WHAT NEEDS TO BE DONE
Exactly the lines from the line containing "fn say_doubled(text: &str, to: &mut" through the last line of the entries below should appear in the answer, reproduced verbatim.

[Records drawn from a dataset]
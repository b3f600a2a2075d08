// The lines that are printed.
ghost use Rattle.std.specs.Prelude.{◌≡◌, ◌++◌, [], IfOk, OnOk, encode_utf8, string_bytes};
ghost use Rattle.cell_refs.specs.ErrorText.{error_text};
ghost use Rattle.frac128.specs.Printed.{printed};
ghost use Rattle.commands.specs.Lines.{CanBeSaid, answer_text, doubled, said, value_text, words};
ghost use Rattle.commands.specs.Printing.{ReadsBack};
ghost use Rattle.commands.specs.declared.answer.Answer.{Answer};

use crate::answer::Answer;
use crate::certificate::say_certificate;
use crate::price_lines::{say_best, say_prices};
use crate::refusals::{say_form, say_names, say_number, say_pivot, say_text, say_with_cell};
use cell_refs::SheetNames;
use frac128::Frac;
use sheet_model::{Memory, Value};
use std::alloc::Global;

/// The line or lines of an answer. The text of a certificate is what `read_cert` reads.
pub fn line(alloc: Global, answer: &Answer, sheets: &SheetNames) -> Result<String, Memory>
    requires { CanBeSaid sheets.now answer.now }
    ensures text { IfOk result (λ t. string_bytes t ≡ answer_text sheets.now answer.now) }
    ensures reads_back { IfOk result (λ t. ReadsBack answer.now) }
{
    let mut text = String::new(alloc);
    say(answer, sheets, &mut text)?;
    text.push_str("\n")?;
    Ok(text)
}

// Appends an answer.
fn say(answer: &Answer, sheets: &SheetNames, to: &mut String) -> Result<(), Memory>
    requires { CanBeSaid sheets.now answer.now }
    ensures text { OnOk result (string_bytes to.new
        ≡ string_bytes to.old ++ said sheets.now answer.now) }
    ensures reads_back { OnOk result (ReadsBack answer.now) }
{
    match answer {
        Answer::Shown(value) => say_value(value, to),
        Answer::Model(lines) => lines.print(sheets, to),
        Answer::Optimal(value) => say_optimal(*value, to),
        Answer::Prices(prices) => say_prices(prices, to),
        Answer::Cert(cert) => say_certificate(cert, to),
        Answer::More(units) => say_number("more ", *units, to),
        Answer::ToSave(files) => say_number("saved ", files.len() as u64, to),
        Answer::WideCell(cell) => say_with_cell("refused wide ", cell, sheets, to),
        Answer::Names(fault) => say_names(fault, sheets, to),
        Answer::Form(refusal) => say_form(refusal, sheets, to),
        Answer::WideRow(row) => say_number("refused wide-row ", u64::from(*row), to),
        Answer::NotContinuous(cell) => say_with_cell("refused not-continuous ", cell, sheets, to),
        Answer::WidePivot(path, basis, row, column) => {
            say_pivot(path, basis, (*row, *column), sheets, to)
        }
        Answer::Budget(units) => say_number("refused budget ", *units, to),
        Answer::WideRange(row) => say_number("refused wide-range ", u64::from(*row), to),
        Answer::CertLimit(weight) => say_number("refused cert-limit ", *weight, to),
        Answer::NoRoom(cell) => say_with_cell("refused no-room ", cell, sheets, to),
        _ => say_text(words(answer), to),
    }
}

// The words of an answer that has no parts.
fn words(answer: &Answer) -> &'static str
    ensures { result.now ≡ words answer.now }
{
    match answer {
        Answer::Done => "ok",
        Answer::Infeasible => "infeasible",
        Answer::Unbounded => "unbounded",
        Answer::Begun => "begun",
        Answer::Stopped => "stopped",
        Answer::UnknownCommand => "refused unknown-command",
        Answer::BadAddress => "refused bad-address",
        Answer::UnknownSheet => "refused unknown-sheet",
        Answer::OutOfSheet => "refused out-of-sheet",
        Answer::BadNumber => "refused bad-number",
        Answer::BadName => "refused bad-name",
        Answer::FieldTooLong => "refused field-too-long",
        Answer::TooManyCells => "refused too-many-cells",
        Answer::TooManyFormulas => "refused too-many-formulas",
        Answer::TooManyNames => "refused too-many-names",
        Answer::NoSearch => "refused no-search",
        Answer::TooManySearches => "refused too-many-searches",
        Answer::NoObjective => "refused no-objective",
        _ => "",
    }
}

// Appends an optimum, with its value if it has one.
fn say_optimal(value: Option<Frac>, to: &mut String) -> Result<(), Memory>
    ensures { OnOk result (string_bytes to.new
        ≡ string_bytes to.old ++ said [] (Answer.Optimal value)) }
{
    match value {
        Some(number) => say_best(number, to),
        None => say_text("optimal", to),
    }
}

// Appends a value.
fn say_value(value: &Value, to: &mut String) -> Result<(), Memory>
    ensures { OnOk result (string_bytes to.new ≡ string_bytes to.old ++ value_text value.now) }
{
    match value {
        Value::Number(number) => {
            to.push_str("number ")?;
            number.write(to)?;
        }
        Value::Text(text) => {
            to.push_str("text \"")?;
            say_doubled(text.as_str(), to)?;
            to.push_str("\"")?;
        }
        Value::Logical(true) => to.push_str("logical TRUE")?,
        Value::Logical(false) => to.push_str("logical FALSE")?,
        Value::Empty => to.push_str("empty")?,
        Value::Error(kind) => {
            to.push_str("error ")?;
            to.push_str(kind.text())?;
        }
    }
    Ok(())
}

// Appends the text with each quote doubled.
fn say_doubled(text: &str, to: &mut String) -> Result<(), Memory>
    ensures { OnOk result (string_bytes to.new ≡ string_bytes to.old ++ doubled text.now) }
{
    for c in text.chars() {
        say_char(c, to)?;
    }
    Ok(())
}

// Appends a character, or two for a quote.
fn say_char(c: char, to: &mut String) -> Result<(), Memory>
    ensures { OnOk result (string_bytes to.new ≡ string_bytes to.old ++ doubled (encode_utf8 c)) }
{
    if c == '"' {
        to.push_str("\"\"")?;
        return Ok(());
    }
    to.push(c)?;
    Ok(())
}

WRITTEN RESPONSE
fn say_doubled(text: &str, to: &mut String) -> Result<(), Memory>
    ensures { OnOk result (string_bytes to.new ≡ string_bytes to.old ++ doubled text.now) }
{
    for c in text.chars() {
        say_char(c, to)?;
    }
    Ok(())
}

// Appends a character, or two for a quote.
fn say_char(c: char, to: &mut String) -> Result<(), Memory>
    ensures { OnOk result (string_bytes to.new ≡ string_bytes to.old ++ doubled (encode_utf8 c)) }
{
    if c == '"' {
        to.push_str("\"\"")?;
        return Ok(());
    }
    to.push(c)?;
    Ok(())
}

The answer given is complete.